BEGIN
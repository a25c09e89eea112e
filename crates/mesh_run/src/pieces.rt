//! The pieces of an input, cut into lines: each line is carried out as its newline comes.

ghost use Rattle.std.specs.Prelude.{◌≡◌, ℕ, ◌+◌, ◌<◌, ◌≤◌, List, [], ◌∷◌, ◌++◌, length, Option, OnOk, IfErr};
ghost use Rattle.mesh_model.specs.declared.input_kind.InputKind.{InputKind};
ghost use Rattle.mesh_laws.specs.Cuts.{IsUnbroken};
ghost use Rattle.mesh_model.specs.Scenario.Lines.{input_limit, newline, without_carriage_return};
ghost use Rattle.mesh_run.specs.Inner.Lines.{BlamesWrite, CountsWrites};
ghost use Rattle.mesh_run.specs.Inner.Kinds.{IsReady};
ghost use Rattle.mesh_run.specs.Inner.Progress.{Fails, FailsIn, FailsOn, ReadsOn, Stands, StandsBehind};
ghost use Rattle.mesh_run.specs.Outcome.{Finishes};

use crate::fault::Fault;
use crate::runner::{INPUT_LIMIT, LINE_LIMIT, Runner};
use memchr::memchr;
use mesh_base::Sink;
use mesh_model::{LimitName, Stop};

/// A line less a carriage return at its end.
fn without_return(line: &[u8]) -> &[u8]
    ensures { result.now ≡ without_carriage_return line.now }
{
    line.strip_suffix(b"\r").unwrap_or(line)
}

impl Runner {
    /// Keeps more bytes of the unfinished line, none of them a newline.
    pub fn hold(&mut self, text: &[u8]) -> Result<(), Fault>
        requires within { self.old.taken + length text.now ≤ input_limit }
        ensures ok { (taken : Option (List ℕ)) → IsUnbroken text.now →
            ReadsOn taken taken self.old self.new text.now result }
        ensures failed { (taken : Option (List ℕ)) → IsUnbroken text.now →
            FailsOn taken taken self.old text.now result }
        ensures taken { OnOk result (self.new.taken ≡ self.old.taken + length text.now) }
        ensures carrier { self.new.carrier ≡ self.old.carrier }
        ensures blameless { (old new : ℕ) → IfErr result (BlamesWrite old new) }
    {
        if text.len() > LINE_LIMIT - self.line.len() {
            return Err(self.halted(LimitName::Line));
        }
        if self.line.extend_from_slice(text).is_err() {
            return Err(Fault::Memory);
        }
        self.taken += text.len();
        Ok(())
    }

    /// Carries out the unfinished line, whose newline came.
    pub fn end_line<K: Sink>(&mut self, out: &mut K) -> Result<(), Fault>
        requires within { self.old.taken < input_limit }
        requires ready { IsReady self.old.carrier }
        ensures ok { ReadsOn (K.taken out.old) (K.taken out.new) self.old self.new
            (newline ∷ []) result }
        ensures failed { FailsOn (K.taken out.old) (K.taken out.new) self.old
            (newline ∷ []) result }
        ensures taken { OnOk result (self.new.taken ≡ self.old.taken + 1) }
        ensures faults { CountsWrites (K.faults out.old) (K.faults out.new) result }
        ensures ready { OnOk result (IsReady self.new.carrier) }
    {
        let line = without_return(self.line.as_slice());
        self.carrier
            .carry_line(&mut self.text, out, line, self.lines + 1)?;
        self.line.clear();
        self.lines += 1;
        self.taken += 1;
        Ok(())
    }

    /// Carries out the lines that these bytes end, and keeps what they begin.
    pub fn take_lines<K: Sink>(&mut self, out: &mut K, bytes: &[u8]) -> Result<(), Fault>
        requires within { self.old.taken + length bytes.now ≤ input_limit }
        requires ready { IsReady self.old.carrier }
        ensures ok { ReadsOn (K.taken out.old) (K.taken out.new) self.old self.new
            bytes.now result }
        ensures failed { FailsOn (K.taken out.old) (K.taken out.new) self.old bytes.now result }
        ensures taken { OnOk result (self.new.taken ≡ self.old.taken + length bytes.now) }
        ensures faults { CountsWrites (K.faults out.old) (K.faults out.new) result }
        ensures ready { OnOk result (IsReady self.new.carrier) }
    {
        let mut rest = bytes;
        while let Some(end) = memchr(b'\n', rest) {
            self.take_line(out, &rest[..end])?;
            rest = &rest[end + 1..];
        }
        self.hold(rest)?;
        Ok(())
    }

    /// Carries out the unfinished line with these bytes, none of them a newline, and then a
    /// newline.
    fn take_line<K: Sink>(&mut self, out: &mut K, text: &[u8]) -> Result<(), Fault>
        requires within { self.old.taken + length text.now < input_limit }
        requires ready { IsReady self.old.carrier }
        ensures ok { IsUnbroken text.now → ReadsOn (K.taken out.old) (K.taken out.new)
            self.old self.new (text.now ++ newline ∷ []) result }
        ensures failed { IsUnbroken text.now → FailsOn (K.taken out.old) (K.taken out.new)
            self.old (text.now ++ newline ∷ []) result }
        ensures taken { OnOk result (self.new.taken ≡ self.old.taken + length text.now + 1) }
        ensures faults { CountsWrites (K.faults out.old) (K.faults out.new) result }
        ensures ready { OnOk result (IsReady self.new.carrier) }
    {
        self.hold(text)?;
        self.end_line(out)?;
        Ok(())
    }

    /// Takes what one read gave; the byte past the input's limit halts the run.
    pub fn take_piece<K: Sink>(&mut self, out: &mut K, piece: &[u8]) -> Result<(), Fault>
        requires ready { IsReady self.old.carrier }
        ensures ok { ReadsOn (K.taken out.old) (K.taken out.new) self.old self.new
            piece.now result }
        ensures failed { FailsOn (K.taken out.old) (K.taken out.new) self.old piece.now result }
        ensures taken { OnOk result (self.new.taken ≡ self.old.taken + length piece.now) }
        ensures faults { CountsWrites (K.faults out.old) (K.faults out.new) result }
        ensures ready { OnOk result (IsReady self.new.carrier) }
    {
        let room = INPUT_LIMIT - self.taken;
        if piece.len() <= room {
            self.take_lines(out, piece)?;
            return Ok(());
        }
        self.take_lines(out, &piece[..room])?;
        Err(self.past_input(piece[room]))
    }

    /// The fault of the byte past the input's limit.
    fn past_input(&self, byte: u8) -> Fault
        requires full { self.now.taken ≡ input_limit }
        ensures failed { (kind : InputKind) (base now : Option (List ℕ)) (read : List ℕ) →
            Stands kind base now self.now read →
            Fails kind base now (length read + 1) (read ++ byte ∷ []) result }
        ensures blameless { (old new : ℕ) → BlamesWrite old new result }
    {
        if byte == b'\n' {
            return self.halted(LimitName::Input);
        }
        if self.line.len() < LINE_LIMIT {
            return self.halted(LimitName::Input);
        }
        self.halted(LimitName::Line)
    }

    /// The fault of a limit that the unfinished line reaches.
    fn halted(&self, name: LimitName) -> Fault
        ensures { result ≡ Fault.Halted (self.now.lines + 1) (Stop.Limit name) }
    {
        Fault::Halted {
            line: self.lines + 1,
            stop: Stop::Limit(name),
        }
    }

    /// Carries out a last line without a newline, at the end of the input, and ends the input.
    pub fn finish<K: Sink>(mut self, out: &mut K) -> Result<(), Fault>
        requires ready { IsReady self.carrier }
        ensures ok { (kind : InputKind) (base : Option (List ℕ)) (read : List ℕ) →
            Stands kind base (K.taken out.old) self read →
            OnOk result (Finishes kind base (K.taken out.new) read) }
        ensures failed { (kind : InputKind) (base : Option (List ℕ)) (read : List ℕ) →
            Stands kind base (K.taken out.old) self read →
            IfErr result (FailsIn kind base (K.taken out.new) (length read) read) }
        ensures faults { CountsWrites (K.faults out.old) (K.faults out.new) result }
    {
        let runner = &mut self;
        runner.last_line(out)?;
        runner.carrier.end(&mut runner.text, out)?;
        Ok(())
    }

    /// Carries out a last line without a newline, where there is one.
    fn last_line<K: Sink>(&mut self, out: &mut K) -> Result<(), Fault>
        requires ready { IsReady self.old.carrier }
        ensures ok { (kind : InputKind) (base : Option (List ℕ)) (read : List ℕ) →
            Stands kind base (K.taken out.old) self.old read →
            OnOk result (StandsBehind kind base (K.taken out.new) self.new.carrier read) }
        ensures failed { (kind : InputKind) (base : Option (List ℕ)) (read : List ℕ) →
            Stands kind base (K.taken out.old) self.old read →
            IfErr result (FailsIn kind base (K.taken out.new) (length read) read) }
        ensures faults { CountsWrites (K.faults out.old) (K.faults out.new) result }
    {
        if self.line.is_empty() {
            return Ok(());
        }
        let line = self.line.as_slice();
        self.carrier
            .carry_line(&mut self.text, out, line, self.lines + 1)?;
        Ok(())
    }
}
END
# [Exercise description]
Print, from the entries above, the line with "runner.carrier.end(&mut runner.text, out)?;", the line with "OnOk result (StandsBehind" and all lines between them, exactly and with nothing else.

# [Solution for this task]
        runner.carrier.end(&mut runner.text, out)?;
        Ok(())
    }

    /// Carries out a last line without a newline, where there is one.
    fn last_line<K: Sink>(&mut self, out: &mut K) -> Result<(), Fault>
        requires ready { IsReady self.old.carrier }
        ensures ok { (kind : InputKind) (base : Option (List ℕ)) (read : List ℕ) →
            Stands kind base (K.taken out.old) self.old read →
            OnOk result (StandsBehind kind base (K.taken out.new) self.new.carrier read) }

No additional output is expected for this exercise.